Sunday, September 07, 2008

San Francisco Opera Opening 1



The San Francisco Opera Company opened its 86th season on Friday night with Verdi's "Simon Boccanegra" and a line of valet parkers on Van Ness...



...who were actually running to their proffered vehicles.



"Simon Boccanegra" is probably my favorite Verdi opera, along with "Don Carlo."



Both operas are heavily involved in questions of politics, ethics, and the intersection of the personal and the public.



"Simon Boccanegra" has the added advantage of featuring extremely sympathetic characters who are all at each other's throats because of family feuds and the war between the nobles and the plebians in 14th century Genoa. Its charistmatic title character Simon starts off as a hot-blooded pirate in the prologue who has impregnated his true love, loses the baby somehow (it's a long, offstage story), and then is elected the plebian Doge of Genoa at the same moment his true love dies.

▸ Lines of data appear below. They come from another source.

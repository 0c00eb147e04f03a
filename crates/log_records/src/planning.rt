// What a new log will be, before anything of it is written.
ghost use Rattle.std.specs.Prelude.{◌≡◌, ◌<◌, ◌≤◌, ◌+◌, ◌^◌, ◌∷◌, [], List, IfErr, IfOk};
ghost use Rattle.disk_model.specs.Disk.{Rises, Stays};
ghost use Rattle.formats.specs.Reading.{FailsBy, TellsDamage};
ghost use Rattle.formats.specs.declared.record.Record.{Record};
ghost use Rattle.formats.specs.declared.record.Record.TheVariants.{Checkpoint};
ghost use Rattle.log_records.specs.Copying.{IsPlanned, MayReplace};
ghost use Rattle.log_records.specs.Laying.{room_of};
ghost use Rattle.log_records.specs.Loading.{IsTailFault};
ghost use Rattle.log_records.specs.RecordLog.{Keeps};
ghost use Rattle.log_records.specs.Rewriting.{FindsDamage, IsNewLength, IsRewritable, IsWithinLength, RewriteFails};

use crate::measuring::{checkpoint_length, count_record, measure};
use crate::new_log::NewLog;
use crate::{RecordLog, RewriteErr};
use dirty_page_table::DirtyPageTable;
use disk_model::Machine;
use formats::{BLOCK_HEAD, LSN_END, ReadErr};
use log_blocks::LogWriter;
use oper_core::Oper;

// No memory holds the lengths of so many blocks.
pub const MAX_BLOCKS: usize = 1 << 32;

// A header, and the closed gate after the last block.
const NO_BLOCKS: u64 = 34;

// The length of a log file whose blocks have these lengths.
pub fn file_length(lengths: &[u32]) -> u64
    requires fits { 34 + room_of lengths.now < 2 ^ 63 }
    ensures { result ≡ 34 + room_of lengths.now }
{
    let mut need = NO_BLOCKS;
    for len in lengths {
        need += BLOCK_HEAD as u64 + *len as u64;
    }
    need
}

impl<O: Oper> RecordLog<O> {
    // What a log from this base on, with a checkpoint of this table at its end, will be.
    fn measure_new<M: Machine>(
        &self,
        m: &mut M,
        base: u64,
        table: &DirtyPageTable,
    ) -> Result<NewLog, ReadErr>
        requires { IsRewritable (O.meaning self.now.bounds) self.now base table.now }
        ensures kept { Stays (M.disk m.old) (M.disk m.new) }
        ensures planned { IfOk result (λ it. IsPlanned (O.meaning self.now.bounds) (M.disk m.new) self.now.log base (Checkpoint table.now ∷ []) it) }
        ensures fits { IfOk result (λ it. 34 + room_of it.lengths.items < 2 ^ 63) }
        ensures undamaged { (M.disk m.old).tells_files → (stable : List (Record O)) → Keeps (O.meaning self.now.bounds) (M.disk m.old) self.now stable []
            → IfErr result (λ e. TellsDamage e → ⊥) }
        ensures cause { IfErr result (FailsBy (Rises (M.disk m.old).disk_faults (M.disk m.new).disk_faults)
            (IsTailFault (O.meaning self.now.bounds) (M.disk m.new) self.now.log)) }
    {
        let mut it = measure::<O, M>(self.alloc, m, self.bounds, &self.log, base)?;
        count_record(checkpoint_length(table), &mut it.filled, &mut it.full)?;
        it.full.push(it.filled)?;
        if it.full.len() > MAX_BLOCKS {
            return Err(ReadErr::Memory);
        }
        Ok(NewLog {
            commands: self.log.commands() + it.commands,
            lengths: it.full,
        })
    }

    // The same, where its file has at most so many bytes, and a writer for the other file.
    pub(crate) fn plan<M: Machine>(
        &self,
        m: &mut M,
        base: u64,
        table: &DirtyPageTable,
        most: u64,
    ) -> Result<(NewLog, LogWriter), RewriteErr>
        requires rewritable { IsRewritable (O.meaning self.now.bounds) self.now base table.now }
        requires most { most ≤ 2 ^ 48 }
        ensures kept { Stays (M.disk m.old) (M.disk m.new) }
        ensures may { IfOk result (λ it. MayReplace (O.meaning self.now.bounds) (M.disk m.new) self.now base table.now it.0 it.1) }
        ensures within { IfOk result (λ _. IsWithinLength (O.meaning self.now.bounds) (M.disk m.old) self.now base table.now most) }
        ensures idle { self.now.log.header.epoch ≡ 2 ^ 62 → m.new ≡ m.old }
        ensures undamaged { (M.disk m.old).tells_files → (stable : List (Record O)) → Keeps (O.meaning self.now.bounds) (M.disk m.old) self.now stable []
            → IfErr result (λ e. FindsDamage e → ⊥) }
        ensures cause { IfErr result (RewriteFails (Rises (M.disk m.old).disk_faults (M.disk m.new).disk_faults)
            (IsTailFault (O.meaning self.now.bounds) (M.disk m.new) self.now.log) (IsNewLength (O.meaning self.now.bounds) (M.disk m.old) self.now base table.now) self.now.log most) }
    {
        let epoch = self.log.epoch();
        if epoch >= LSN_END {
            return Err(RewriteErr::Exhausted { epoch });
        }
        let new = self.measure_new(m, base, table)?;
        let need = file_length(&new.lengths);
        if need > most {
            return Err(RewriteErr::LogFull {
                used: self.log.used(),
                need,
                limit: most,
            });
        }
        let out = self.log.writer(self.alloc)?;
        Ok((new, out))
    }
}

Her noble father then proceeds to curse Simon with every fiber of his being.



The next scene is the lost daughter 25 years later, alive and in love and adopted by a noble family, along the waterfront of Genoa at dawn. Her aria is one of the most beautiful things Verdi ever wrote, which is saying something, and the scene culminates in just about my favorite duet in all of Verdi, when Simon and Amelia realize that they are the long-separated padre e figlia (father and daughter).



From that moment on, Simon does his best to promote peace and love between the two warring factions, most notably in the great choral Council Chamber scene, but the wounds run too deep and he's finally poisoned by his own version of Karl Rove after Simon won't let his political deputy marry his (secret) daughter. The sad, reconciliation finale among all parties as Simon dies is one of the most powerful in all of opera.



It almost makes one envy a place and time when there were actual statesmen rather than people like the Pelosi family (above) pretending to be our noble rulers.

5 comments:

whabbear said...

OMG, Michael! Jim and I are looking at the photos and wondering who these old HAGS are! ROFLMAO! Somebody needs to tell them to hold the mayo AND the makeup!

Nancy Ewart said...

Beautiful description of a beautiful opera. I will have to listen to it again, with your commentary in mind. Re: SF's rich and famous. I think I'll pass on any comments in the spirit of Simon.

Ced said...

Too bad I missed you!

Nancy Ewart said...

I can get you a copy of the Tito Gobbi recording because that's the one I have. No Dimitri other than the one you already have.
Interested?

Civic Center said...

Dear Nancy: Thanks for all the recording offers but I already have a "Simon Boccanegra" and "Eugene Onegin." Do check out the live opera, however. It's definitely worth hearing.

Dear Rob: Now don't be so mean (though I tend to agree with you).